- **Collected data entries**
'''

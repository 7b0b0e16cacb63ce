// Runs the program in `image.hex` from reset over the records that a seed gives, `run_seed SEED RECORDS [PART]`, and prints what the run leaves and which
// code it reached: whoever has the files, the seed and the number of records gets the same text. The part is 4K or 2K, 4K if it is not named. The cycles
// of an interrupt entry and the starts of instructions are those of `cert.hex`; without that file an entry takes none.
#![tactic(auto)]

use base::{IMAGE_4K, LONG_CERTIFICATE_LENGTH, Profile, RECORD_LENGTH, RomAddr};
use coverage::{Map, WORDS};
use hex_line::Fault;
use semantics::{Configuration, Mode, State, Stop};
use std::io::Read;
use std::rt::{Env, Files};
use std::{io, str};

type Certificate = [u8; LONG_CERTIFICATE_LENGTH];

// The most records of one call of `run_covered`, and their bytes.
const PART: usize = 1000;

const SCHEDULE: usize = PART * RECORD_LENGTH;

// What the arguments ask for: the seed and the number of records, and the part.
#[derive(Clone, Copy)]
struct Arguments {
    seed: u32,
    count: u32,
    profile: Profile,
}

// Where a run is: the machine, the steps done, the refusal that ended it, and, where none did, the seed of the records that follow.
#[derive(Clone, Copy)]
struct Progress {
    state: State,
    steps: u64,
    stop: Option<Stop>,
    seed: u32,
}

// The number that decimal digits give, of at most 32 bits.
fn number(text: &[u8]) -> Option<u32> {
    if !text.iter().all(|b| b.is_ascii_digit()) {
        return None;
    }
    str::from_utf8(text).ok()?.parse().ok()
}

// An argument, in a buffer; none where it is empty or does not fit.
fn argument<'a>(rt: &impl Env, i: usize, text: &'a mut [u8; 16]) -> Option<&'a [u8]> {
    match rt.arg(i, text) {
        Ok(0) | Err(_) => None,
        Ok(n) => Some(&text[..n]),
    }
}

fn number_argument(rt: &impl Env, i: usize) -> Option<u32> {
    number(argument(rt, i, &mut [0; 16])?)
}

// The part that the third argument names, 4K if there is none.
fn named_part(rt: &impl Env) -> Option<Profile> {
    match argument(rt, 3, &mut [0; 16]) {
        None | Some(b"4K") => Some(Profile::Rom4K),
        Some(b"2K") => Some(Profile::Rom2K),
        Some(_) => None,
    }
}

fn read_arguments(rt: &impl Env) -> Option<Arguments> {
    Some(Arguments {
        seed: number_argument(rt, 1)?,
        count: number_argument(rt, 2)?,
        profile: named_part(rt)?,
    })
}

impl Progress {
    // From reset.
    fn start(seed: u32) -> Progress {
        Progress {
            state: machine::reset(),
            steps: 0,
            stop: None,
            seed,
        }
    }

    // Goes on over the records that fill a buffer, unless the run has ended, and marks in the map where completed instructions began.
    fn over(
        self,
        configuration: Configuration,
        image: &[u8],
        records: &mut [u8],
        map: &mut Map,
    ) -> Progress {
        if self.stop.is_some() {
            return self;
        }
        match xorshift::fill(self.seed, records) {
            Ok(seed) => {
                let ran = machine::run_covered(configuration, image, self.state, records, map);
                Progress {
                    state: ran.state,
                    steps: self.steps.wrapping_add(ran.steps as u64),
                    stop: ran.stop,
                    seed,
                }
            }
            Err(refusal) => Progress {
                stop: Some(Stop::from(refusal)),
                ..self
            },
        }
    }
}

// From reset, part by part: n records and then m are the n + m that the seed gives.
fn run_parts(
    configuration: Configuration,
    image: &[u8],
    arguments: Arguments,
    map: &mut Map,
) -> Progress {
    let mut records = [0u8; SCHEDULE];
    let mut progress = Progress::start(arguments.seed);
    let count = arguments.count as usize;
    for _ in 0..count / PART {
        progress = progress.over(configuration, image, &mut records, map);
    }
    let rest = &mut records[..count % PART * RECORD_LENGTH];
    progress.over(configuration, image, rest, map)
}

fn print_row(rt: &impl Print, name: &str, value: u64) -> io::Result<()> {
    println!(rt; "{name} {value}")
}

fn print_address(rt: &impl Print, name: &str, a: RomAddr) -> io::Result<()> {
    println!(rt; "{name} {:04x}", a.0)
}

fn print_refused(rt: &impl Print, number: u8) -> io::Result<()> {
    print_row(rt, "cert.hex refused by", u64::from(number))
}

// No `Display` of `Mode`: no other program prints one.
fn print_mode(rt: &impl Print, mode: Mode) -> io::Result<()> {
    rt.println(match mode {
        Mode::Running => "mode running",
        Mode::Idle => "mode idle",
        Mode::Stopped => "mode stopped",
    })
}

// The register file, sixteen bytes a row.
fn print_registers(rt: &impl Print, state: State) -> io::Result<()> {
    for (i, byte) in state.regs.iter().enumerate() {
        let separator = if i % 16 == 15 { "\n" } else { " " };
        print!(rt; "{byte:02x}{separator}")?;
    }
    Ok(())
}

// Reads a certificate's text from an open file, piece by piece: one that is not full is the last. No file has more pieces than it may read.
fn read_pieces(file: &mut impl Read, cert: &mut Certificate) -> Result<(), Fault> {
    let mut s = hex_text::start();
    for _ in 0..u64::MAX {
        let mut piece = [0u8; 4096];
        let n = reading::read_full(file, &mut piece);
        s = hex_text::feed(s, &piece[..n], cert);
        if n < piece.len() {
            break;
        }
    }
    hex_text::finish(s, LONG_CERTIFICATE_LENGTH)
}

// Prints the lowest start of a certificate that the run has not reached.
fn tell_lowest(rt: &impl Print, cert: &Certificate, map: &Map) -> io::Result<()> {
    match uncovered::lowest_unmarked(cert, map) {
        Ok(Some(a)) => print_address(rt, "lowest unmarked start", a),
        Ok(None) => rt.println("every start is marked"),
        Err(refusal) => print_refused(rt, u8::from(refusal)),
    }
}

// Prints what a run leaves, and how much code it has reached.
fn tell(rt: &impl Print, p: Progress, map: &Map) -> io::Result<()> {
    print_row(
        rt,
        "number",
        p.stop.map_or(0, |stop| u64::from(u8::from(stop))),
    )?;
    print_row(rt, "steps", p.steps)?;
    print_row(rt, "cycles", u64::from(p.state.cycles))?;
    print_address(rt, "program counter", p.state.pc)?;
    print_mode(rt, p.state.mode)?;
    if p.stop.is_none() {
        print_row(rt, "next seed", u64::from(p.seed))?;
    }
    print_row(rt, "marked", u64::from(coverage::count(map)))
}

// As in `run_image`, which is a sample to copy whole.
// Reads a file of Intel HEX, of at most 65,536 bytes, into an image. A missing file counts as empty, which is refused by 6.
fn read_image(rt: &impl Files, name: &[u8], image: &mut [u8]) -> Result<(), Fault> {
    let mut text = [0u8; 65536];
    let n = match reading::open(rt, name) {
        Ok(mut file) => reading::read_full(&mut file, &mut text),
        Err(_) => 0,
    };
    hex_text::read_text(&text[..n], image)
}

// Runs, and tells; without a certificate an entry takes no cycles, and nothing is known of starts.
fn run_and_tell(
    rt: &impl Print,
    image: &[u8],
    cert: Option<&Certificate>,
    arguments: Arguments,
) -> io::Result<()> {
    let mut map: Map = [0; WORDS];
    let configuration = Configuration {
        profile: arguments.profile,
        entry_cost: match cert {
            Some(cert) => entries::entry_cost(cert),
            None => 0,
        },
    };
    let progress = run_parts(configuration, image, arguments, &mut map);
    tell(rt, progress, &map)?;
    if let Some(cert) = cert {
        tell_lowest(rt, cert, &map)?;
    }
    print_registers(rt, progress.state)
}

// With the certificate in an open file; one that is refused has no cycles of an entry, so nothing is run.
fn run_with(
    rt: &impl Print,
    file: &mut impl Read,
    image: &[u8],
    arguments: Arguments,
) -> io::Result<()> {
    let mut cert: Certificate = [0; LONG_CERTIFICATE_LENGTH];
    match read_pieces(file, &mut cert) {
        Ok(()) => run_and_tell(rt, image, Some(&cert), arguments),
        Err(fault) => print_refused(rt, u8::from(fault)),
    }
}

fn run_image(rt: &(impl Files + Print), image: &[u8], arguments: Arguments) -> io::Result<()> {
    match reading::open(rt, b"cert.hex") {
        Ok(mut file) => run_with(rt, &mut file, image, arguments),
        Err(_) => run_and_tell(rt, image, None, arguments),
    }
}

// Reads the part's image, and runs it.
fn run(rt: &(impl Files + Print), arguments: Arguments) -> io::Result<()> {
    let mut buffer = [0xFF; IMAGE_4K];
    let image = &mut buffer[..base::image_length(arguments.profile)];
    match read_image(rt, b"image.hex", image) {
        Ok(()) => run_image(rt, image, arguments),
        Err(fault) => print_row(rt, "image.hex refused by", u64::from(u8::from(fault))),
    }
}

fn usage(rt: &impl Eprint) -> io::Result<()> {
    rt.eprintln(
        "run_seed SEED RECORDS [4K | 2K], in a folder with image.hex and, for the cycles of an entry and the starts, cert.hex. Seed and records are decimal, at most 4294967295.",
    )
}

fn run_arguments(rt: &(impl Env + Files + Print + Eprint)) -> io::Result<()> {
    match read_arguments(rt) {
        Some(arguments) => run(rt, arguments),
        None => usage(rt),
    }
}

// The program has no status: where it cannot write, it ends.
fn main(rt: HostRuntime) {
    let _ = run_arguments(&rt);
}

'''
'''

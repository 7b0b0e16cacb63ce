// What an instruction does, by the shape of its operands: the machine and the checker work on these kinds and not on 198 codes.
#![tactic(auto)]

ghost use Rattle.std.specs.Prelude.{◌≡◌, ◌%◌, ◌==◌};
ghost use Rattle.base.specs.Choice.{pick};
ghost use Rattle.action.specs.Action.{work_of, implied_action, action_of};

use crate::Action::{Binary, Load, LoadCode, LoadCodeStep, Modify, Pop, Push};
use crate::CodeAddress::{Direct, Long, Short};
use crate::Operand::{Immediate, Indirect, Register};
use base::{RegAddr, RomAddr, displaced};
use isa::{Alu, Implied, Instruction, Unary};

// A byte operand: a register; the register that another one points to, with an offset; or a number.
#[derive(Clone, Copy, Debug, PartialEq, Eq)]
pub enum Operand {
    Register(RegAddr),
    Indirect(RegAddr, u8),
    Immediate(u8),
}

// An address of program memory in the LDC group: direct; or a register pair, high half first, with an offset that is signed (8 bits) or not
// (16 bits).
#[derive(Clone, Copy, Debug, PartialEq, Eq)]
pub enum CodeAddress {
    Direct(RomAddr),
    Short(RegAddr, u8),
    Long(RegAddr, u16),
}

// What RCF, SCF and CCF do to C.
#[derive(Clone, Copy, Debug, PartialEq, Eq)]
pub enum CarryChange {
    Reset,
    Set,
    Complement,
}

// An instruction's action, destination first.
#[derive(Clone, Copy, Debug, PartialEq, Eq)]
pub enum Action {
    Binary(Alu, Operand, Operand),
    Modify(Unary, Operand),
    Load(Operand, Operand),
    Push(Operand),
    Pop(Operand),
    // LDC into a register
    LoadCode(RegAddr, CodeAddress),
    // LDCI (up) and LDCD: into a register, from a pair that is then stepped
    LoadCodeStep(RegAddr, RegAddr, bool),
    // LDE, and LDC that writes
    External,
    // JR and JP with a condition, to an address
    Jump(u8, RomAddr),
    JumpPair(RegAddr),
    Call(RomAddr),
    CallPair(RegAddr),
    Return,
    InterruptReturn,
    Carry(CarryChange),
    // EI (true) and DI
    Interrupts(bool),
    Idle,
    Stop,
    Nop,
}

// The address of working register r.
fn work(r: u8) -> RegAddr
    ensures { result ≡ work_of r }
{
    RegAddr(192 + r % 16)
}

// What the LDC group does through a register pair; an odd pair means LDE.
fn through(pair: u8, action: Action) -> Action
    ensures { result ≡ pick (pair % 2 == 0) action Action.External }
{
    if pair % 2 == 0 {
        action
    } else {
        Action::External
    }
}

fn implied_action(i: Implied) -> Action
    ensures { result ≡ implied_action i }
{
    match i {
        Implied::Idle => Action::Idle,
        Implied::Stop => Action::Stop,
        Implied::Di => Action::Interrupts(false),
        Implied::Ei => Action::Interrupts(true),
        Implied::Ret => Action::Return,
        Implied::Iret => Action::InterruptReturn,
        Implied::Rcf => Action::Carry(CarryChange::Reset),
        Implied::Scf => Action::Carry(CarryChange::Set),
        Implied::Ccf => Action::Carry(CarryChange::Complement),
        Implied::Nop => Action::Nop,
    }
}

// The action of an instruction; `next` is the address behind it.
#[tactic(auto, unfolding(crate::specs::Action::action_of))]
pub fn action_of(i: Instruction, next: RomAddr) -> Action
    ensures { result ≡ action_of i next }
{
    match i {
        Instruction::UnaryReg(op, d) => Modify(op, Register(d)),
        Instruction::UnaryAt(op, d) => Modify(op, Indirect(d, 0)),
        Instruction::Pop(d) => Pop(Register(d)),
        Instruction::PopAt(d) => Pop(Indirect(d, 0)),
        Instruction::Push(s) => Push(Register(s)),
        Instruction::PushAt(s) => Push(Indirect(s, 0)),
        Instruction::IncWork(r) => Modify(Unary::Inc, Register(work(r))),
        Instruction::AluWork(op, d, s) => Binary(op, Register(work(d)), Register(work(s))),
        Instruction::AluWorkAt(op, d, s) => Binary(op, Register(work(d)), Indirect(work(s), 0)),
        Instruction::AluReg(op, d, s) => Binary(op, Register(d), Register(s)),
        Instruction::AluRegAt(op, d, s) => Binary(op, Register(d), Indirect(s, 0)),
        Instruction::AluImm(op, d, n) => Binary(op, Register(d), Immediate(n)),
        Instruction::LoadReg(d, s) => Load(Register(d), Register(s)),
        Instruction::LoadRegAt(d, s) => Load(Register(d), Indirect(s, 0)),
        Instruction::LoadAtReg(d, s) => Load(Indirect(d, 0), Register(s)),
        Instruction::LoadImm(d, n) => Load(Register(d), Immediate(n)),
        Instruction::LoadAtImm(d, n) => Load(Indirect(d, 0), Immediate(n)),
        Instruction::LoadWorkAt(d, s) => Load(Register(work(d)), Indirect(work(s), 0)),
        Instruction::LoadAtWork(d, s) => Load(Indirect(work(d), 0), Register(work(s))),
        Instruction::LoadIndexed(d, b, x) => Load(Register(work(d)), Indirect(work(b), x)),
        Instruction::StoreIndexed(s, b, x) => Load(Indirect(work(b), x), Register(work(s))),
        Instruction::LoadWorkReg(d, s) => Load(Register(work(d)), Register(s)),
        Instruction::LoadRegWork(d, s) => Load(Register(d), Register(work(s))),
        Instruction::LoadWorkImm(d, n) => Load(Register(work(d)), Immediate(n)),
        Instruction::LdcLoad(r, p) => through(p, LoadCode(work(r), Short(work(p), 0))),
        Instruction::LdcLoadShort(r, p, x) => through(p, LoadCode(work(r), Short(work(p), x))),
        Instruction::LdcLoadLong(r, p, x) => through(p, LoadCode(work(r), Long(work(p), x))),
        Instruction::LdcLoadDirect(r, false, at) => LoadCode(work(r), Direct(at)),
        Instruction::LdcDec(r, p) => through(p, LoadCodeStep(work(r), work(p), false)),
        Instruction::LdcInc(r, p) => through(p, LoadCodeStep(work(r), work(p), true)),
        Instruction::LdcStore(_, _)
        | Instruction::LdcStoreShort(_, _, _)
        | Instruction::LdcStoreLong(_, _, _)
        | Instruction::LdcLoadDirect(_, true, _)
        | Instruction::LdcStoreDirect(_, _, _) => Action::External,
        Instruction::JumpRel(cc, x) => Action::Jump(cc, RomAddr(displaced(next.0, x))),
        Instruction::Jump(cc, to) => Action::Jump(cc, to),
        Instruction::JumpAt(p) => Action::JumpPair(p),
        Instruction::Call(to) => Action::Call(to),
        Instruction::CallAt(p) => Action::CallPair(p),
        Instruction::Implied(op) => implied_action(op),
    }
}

'''

- **WORK INSTRUCTIONS**
Please report every line in the entries above that holds the string "rest".

- **ANSWER TO THIS PROBLEM**
    let rest = &mut records[..count % PART * RECORD_LENGTH];
    progress.over(configuration, image, rest, map)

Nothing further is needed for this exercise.